일반교량의 내진설계

Abstract

The purpose of earthquake resistant design for bridges is to secure the "No Collapse Requirement" and to shut down the delivery of seismic force to superstructure, which is possible by bridge mechanism design. For typical bridges, damage of superstructure or foundations leads to the bridge collapse and therefore bridge mechanism design is to be carried out with the connection and substructure. Bridge mechanism with substructure yielding is ductile mechanism, which requires plastic hinge formation at pier ends. On the contrary, bridge mechanism with connection failure is brittle mechanism, which requires shear keys. Such ductile or brittle mechanism is to be proved with section forces obtained from the spectrum analysis method based on elastic behavior. Because seismic forces are delivered to the superstructure through the pier, piers are essential structural members in the earthquake resistant design. For typical bridges with reinforcement concrete piers as substructure, the "Roadway Bridge Design Code" provides the application of flexural/yield stiffness according to the yielding of axial reinforcement for calculating the section forces. Because different column stiffness provides different section forces, from which the yielding of connection or substructure is determined. The ductility design determines the transverse reinforcement ratio and ductility with the required response modification factor but ductile or brittle mechanism is not verified therefrom.
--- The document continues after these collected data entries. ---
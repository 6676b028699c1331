ghost use Rattle.std.specs.Prelude.{◌≡◌, ◌<◌, ◌+◌, ◌^◌, ◌++◌, length, reverse, flat_map, get_or, slice_get, Some, IfOk, OnOk};
ghost use Rattle.lola_flat.specs.Tree.{flat_tree, signal_tree};
ghost use Rattle.lola_flat.specs.Formed.{IsFormed};
ghost use Rattle.lola_lower.specs.Steps.{literals_down, outputs_down, outputs_from, port_names, outputs_in, port_outputs, clock_name, net_with, Lowers};

use crate::names::{bit_name, push_names, stem};
use crate::signals::{are_few, lower_order};
use crate::sources::{add_inputs, add_latches, given_literals};
use lola_alg::AlgError;
use lola_bits::{Memory, Name, Seq};
use lola_eval::lower_state;
use lola_flat::{Flat, SigKind, Signal};
use lola_gate::Gates;
use lola_net::Net;
use std::alloc::Global;

/// Puts the literals of a vector behind others, from its highest bit on.
fn push_down(literals: &mut Vec<u32>, bits: &[u32]) -> Result<(), Memory>
    ensures { OnOk result (literals.new.items ≡ literals.old.items ++ reverse bits.now) }
{
    match bits {
        [] => Ok(()),
        [lowest, more @ ..] => {
            push_down(literals, more)?;
            literals.push(*lowest)?;
            Ok(())
        }
    }
}

/// Puts the literals of elements behind others, from element 0 on and each from its highest bit.
fn push_literals(literals: &mut Vec<u32>, elements: &[Seq<u32>]) -> Result<(), Memory>
    ensures { OnOk result (literals.new.items ≡ literals.old.items ++ literals_down elements.now) }
{
    for bits in elements {
        push_down(literals, bits.items())?;
    }
    Ok(())
}

/// The next literals of all latches.
fn next_literals(alloc: Global, next: &[Seq<Seq<u32>>]) -> Result<Seq<u32>, Memory>
    ensures { IfOk result (λ literals. literals ≡ flat_map literals_down next.now) }
{
    let mut literals = Vec::new(alloc);
    for elements in next {
        push_literals(&mut literals, elements.items())?;
    }
    Ok(Seq::of(literals))
}

/// Puts the names of a port's bits behind others.
fn push_port(alloc: Global, names: &mut Vec<Name>, flat: &Flat, port: usize) -> Result<(), Memory>
    ensures { OnOk result (names.new.items ≡ names.old.items ++ port_names (flat_tree flat.now) port) }
{
    match flat.signals.items().get(port) {
        Some(signal) => push_names(alloc, names, signal),
        None => Ok(()),
    }
}

/// The names of the bits of all ports.
fn port_names(alloc: Global, flat: &Flat) -> Result<Seq<Name>, Memory>
    ensures { IfOk result (λ names. names ≡ flat_map (port_names (flat_tree flat.now)) flat.now.ports) }
{
    let mut names = Vec::new(alloc);
    let ports = flat.ports.items();
    for port in ports {
        push_port(alloc, &mut names, flat, *port as usize)?;
    }
    Ok(Seq::of(names))
}

/// Puts the names and literals of a vector's bits from one on behind others, the highest first.
fn push_bits(
    alloc: Global,
    outputs: &mut Vec<(Name, u32)>,
    text: &str,
    bit: usize,
    bits: &[u32],
) -> Result<(), Memory>
    requires { bit + length bits.now < 2 ^ 64 }
    ensures { OnOk result (outputs.new.items ≡ outputs.old.items ++ outputs_down text.now bit bits.now) }
{
    match bits {
        [] => Ok(()),
        [literal, more @ ..] => {
            push_bits(alloc, outputs, text, bit + 1, more)?;
            outputs.push((bit_name(alloc, text, bit)?, *literal))?;
            Ok(())
        }
    }
}

/// Puts the names and literals of a signal's bits behind others.
fn push_elements(
    alloc: Global,
    outputs: &mut Vec<(Name, u32)>,
    signal: &Signal,
    elements: &[Seq<u32>],
) -> Result<(), Memory>
    ensures { OnOk result (outputs.new.items ≡ outputs.old.items ++ outputs_from (signal_tree signal.now) 0 elements.now) }
{
    for element in 0..elements.len() {
        let text = stem(alloc, signal, element)?;
        push_bits(alloc, outputs, text.as_str(), 0, elements[element].items())?;
    }
    Ok(())
}

/// Puts the outputs of a port behind others, where it is an OUT port.
fn push_outputs(
    alloc: Global,
    outputs: &mut Vec<(Name, u32)>,
    signal: &Signal,
    elements: &[Seq<u32>],
) -> Result<(), Memory>
    ensures { OnOk result (outputs.new.items ≡ outputs.old.items ++ outputs_in (Some (signal_tree signal.now)) elements.now) }
{
    match signal.kind {
        SigKind::Wire => push_elements(alloc, outputs, signal, elements),
        SigKind::Input => Ok(()),
        SigKind::Pad => Ok(()),
        SigKind::Register => Ok(()),
    }
}

/// Puts the outputs of a port by its number behind others.
fn push_port_outputs(
    alloc: Global,
    outputs: &mut Vec<(Name, u32)>,
    flat: &Flat,
    signals: &[Seq<Seq<u32>>],
    port: usize,
) -> Result<(), Memory>
    requires { length signals.now ≡ length flat.now.signals }
    ensures { OnOk result (outputs.new.items ≡ outputs.old.items ++ port_outputs (flat_tree flat.now) signals.now port) }
{
    match flat.signals.items().get(port) {
        Some(signal) => push_outputs(alloc, outputs, signal, signals[port].items()),
        None => Ok(()),
    }
}

/// The outputs of all OUT ports.
fn outputs(
    alloc: Global,
    flat: &Flat,
    signals: &[Seq<Seq<u32>>],
) -> Result<Seq<(Name, u32)>, Memory>
    requires { length signals.now ≡ length flat.now.signals }
    ensures { IfOk result (λ outputs. outputs ≡ flat_map (port_outputs (flat_tree flat.now) signals.now) flat.now.ports) }
{
    let mut outputs = Vec::new(alloc);
    let ports = flat.ports.items();
    for port in ports {
        push_port_outputs(alloc, &mut outputs, flat, signals, *port as usize)?;
    }
    Ok(Seq::of(outputs))
}

/// The name of the clock.
fn clock_name(alloc: Global, flat: &Flat) -> Result<Option<Name>, Memory>
    ensures { IfOk result (λ name. name ≡ clock_name flat.now.clock) }
{
    match &flat.clock {
        Some(name) => Ok(Some(bit_name(alloc, name.text(), 0)?)),
        None => Ok(None),
    }
}

/// The net of the nodes of a design, whose signals have these literals, and whose registers these next ones.
fn finish(
    alloc: Global,
    gates: Gates,
    flat: &Flat,
    signals: &[Seq<Seq<u32>>],
    next: &[Seq<Seq<u32>>],
) -> Result<Net, Memory>
    requires { length signals.now ≡ length flat.now.signals }
    ensures { IfOk result (λ net. net ≡ net_with (flat_tree flat.now) gates signals.now next.now) }
{
    let name = Name::new(alloc, flat.root.text())?;
    let clock = clock_name(alloc, flat)?;
    let ports = port_names(alloc, flat)?;
    let next = next_literals(alloc, next)?;
    let outputs = outputs(alloc, flat, signals)?;
    gates.into_net(alloc, name, clock, ports, next, outputs)
}

/// The net of a well formed flat design: exactly `net_of`. Its nodes are the
/// inputs but the clock and the registers, in signal order, then the signals in the order of equations, a pad
/// being its value, its release and then its pad nodes, and then the next values of the registers. All names
/// but the net's own are bit names; the ports stand in text order, the clock among them, and the outputs are
/// those of the OUT ports. `Full` comes exactly where a gate of it has no place, and `Memory` for want of
/// memory.
pub fn lower(alloc: Global, flat: &Flat) -> Result<Net, AlgError>
    requires formed { IsFormed (flat_tree flat.now) }
    ensures net { Lowers (flat_tree flat.now) result }
{
    let mut gates = Gates::new(alloc);
    match add_inputs(alloc, &mut gates, flat) {
        Ok(()) => {}
        Err(error) => return Err(error),
    }
    let latch = gates.node_count() + 1;
    match add_latches(alloc, &mut gates, flat) {
        Ok(()) => {}
        Err(error) => return Err(error),
    }
    are_few(&gates);
    let given = match given_literals(alloc, flat, latch) {
        Ok(given) => given,
        Err(error) => return Err(error),
    };
    let signals = match lower_order(alloc, &mut gates, flat, flat.order.items(), given) {
        Ok(signals) => signals,
        Err(error) => return Err(error),
    };
    let next = match lower_state(alloc, &mut gates, flat, signals.as_slice()) {
        Ok(next) => next,
        Err(error) => return Err(error),
    };
    match finish(alloc, gates, flat, signals.as_slice(), next.as_slice()) {
        Ok(net) => Ok(net),
        Err(_) => Err(AlgError::Memory),
    }
}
Because the seismic behavior of piers is determined by the flexural/shear performance curve, the possibility of ductile or brittle mechanism design can be confirmed with those performance curves. In this study, a bridge with steel bearing and T-type circular RC piers is selected, and section forces are obtained with the flexural/yield stiffness of piers. Base on these two different section forces, bridge mechanism design is carried out and the safety of the "No Collapse Requirement" is reviewed. Also, for circular RC piers, influence of design factors such as height, diameter and transverse reinforcement ratio on the flexural/shear performance curves are analysed, and conditions are proposed for ductile mechanism design.